Готовились мы к экзаменам гурьбой, с товарищами, на веранде. Сирень кругом. День кончался,
Петербургское взморье!.. Как мягко, низко земля подползает под воду; стелется белый песок под светлую струю, а светлая вода струйкой набегает, едва смачивает белый' песок. Колючие высятся очертания резких елей. Тихий плеск воды, и в нем передержки соловья. На белом небе -- звезда, тоже белая, влажная, как слеза... И вкусны же после зубрежа колбаса, и сыр, и "трехгорное пиво"! Скользим по глади; с весел капельки струятся. Кроме наших голосов только соловьиный щелк. И дивен темный лес, "неведомый лучам в тумане спрятанного солнца"...

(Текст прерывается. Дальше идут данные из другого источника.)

// A divisor: a number from 1 to 10^12.
ghost use Rattle.std.specs.Prelude.{◌≡◌, ◌<◌, ◌≤◌, ◌&&◌, is_some, IfSome, nat_le};
ghost use Rattle.amounts.specs.Ranges.{max_divisor};

#[derive(Clone, Copy)]
pub struct Divisor {
    value: u64,
    ghost positive: { 0 < value },
    ghost bounded: { value ≤ max_divisor },
}

impl Divisor {
    // The highest divisor, which is also the highest expected kWh.
    pub const MAX: u64 = 1_000_000_000_000;

    // Watt-hours in a kilowatt-hour.
    pub const WH_PER_KWH: Divisor = Divisor { value: 1_000 };

    // Thousandths of a penny in a penny.
    pub const THOUSANDTHS: Divisor = Divisor { value: 1_000 };

    pub const HUNDREDTHS: Divisor = Divisor { value: 100 };

    pub const TEN_THOUSANDTHS: Divisor = Divisor { value: 10_000 };

    pub const MILLIONTHS: Divisor = Divisor { value: 1_000_000 };

    pub const TEN_MILLIONTHS: Divisor = Divisor { value: 10_000_000 };

    pub const HUNDRED_MILLIONTHS: Divisor = Divisor { value: 100_000_000 };

    pub fn new(value: u64) -> Option<Divisor>
        ensures range { is_some result ≡ (nat_le 1 value && nat_le value max_divisor) }
        ensures value { IfSome result (λ d. d.value ≡ value) }
    {
        if !(1..=Self::MAX).contains(&value) {
            return None;
        }
        Some(Divisor { value })
    }

    pub fn get(self) -> u64
        ensures { result ≡ self.value }
    {
        self.value
    }
}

Я больше обязан гимназии, чем университету, и в смысле приобретенных знаний, и даже в смысле методов мышления. Что самое важное в преподавании? Скажут: уметь научить. А я думаю, что преподаватель меньше всего учитель; он, прежде всего, пробудитель. Трех человек я должен помянуть благодарностью именно как пробудителей.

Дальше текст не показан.